Key couplets may offer a choice between two ranges of measurements or ratios. Sometimes when species are particularly difficult to separate these ranges are contiguous, or even overlap. For reliable identifications one should therefore ideally examine a series of 10 or more apterous adult aphids, so that if necessary the range of variation in the sample can be assessed and compared with the range given in the key.
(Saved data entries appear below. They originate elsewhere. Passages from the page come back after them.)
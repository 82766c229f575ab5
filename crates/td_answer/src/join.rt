//! Certificates of the parts of a question, joined into one.

ghost use Rattle.std.specs.Prelude.{◌≡◌, ◌≤◌, [], All, get_or, length, map, IfOk, IfErr};
ghost use Rattle.td_nets.specs.Netlist.{Netlist};
ghost use Rattle.td_certificate.specs.Accepts.{Accepts};
ghost use Rattle.td_certificate.specs.Spelling.{HasSpelling};
ghost use Rattle.td_join.specs.Joining.{IsJoined};
ghost use Rattle.td_join.specs.Faults.{renamed};
ghost use Rattle.td_answer.specs.Differences.{AsksSame};
ghost use Rattle.td_answer.specs.Filled.{filled_join};
ghost use Rattle.td_answer.specs.Joins.{texts_of, most_nodes, IsUnjoinedFor, IsTrueJoin, IsRefusedJoin};
ghost use Rattle.td_answer.specs.Unjoined.{IsOfUnjoined};
ghost use Rattle.td_answer.specs.Writing.{CanBeWritten};

use crate::difference::differing;
use crate::filled::with_text;
use crate::gathering::parts_in;
use crate::joined::{ending_of_whole, joined};
use crate::outcome::Outcome;
use crate::refusal::Refusal;
use crate::texts::Texts;
use std::alloc::Global;
use td_certificate::Certificate;
use td_join::{JoinFault, join_in};
use td_question::{Asked, question_of};
use td_reading::Reading;
use td_request::{Join, MOST_NODES};

/// The name at a place, empty where there is none.
fn name_at<'w>(names: &[&'w str], place: usize) -> &'w str
    ensures { result.now ≡ get_or (map (λ name. name.now) names.now) place [] }
{
    match names.get(place) {
        Some(name) => *name,
        None => "",
    }
}

/// The fault that tells certificates by the names of their files, which stand at their places.
fn named<'w>(fault: JoinFault<usize>, names: &[&'w str]) -> JoinFault<&'w str>
    ensures { renamed (λ name. name.now) result ≡ renamed (λ place. get_or (map (λ name. name.now) names.now) place []) fault }
{
    match fault {
        JoinFault::OutOfMemory => JoinFault::OutOfMemory,
        JoinFault::NoCertificate => JoinFault::NoCertificate,
        JoinFault::OtherCircuit(this, that) => {
            JoinFault::OtherCircuit(name_at(names, this), name_at(names, that))
        }
        JoinFault::OtherHold(this, that) => {
            JoinFault::OtherHold(name_at(names, this), name_at(names, that))
        }
        JoinFault::OtherFlips(this, that) => {
            JoinFault::OtherFlips(name_at(names, this), name_at(names, that))
        }
        JoinFault::OtherMoments(this, that) => {
            JoinFault::OtherMoments(name_at(names, this), name_at(names, that))
        }
        JoinFault::OtherTerms(this, that) => {
            JoinFault::OtherTerms(name_at(names, this), name_at(names, that))
        }
        JoinFault::Outside(this) => JoinFault::Outside(name_at(names, this)),
        JoinFault::Overlap(this, that) => {
            JoinFault::Overlap(name_at(names, this), name_at(names, that))
        }
        JoinFault::Crossed(this, that) => {
            JoinFault::Crossed(name_at(names, this), name_at(names, that))
        }
        JoinFault::Gap(cube) => JoinFault::Gap(cube),
        JoinFault::FalseNone(this) => JoinFault::FalseNone(name_at(names, this)),
    }
}

/// Why parts aren't joined, by the names of their files.
fn unjoined<'n, 'w>(fault: JoinFault<usize>, names: &[&'w str]) -> Refusal<'n, 'w>
    ensures { IsOfUnjoined (map (λ name. name.now) names.now) fault result }
{
    if let JoinFault::OutOfMemory = fault {
        return Refusal::OutOfMemory;
    }
    Refusal::NotJoined(named(fault, names))
}

/// What parts are joined into, in the files of these names: a certificate of the question that is
/// asked.
fn whole_of<'n, 'w>(
    alloc: Global,
    parts: Vec<Certificate>,
    asked: &Asked,
    names: &[&'w str],
) -> Result<Certificate, Refusal<'n, 'w>>
    ensures joined { IfOk result (IsJoined parts.items asked.now.admit.pins) }
    ensures asked { IfOk result (λ whole. AsksSame asked.now.circuit.moments (record { admit = asked.now.admit; keep = asked.now.keep.items }) whole.question) }
    ensures accepted { IfOk result (λ whole. (any : Netlist) → All (Accepts any) parts.items → Accepts any whole) }
    ensures spelled { IfOk result (λ whole. All HasSpelling parts.items → HasSpelling whole) }
    ensures few { IfOk result (λ whole. length whole.tree ≤ most_nodes) }
    ensures refusal { IfErr result (IsUnjoinedFor (map (λ name. name.now) names.now) parts.items asked.now.circuit.moments (record { admit = asked.now.admit; keep = asked.now.keep.items })) }
{
    let whole = match join_in(alloc, parts, asked.admit.pins()) {
        Ok(whole) => whole,
        Err(fault) => return Err(unjoined(fault, names)),
    };
    if whole.tree.nodes().len() > MOST_NODES as usize {
        return Err(Refusal::TooLong);
    }
    match differing(asked, &whole.question) {
        None => Ok(whole),
        Some(difference) => Err(Refusal::OtherQuestion(difference)),
    }
}

/// What the parts of a question about a text's netlist are joined into: the whole of the question
/// that is asked.
pub(crate) fn join<'n, 'w>(
    alloc: Global,
    reading: &Reading<'_>,
    asked: &Join<'w>,
    texts: &Texts<'n, '_, 'w>,
) -> Result<Outcome, Refusal<'n, 'w>>
    ensures says { IfOk result (IsTrueJoin texts.now.netlist.now reading.now (filled_join texts.now.keep asked.now) (texts_of texts.now.certificates.now)) }
    ensures written { IfOk result CanBeWritten }
    ensures refusal { IfErr result (IsRefusedJoin texts.now.netlist.now reading.now (filled_join texts.now.keep asked.now) (texts_of texts.now.certificates.now)) }
{
    let text = texts.netlist;
    let question = with_text(&asked.question, texts.keep);
    let sought = question_of(alloc, text, reading, &question)?;
    // For the prover: this call says that the netlist is well-formed.
    let _gates = sought.circuit.gates();
    let names = asked.parts.names();
    let parts = parts_in(
        alloc,
        text,
        reading,
        &sought.circuit,
        asked.check,
        names,
        texts.certificates,
    )?;
    let whole = whole_of(alloc, parts, &sought, names)?;
    let report = joined(alloc, &sought.circuit, asked.check, asked.required, &whole)?;
    let status = ending_of_whole(asked.required, &whole.claim);
    Ok(Outcome {
        report,
        certificate: Some(whole),
        dump: None,
        status,
        verdict: None,
    })
}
Keys will not work if applied to immature aphids, and in several groups, especially when the adult cauda is broad and rounded as in Lachninae, Greenideinae and many Eriosomatinae, it can be difficult to distinguish between late instar immatures and apterous adults. If the form of the adult cauda is not distinctive, then the presence of rudimentary gonopophyses, and of fully-formed and clearly defined anal and genital plates, can provide recognition features for adults, but even these are not wholly reliable. To be confident about the recognition of adults in difficult cases it may be necessary to examine a number of specimens of different sizes from the same colony, in order to establish what are the particular features of the adult insect in that species. In any case collection and examination of a large sample should be the general rule, because identifications should always be based on an examination of the fullest possible range of variation.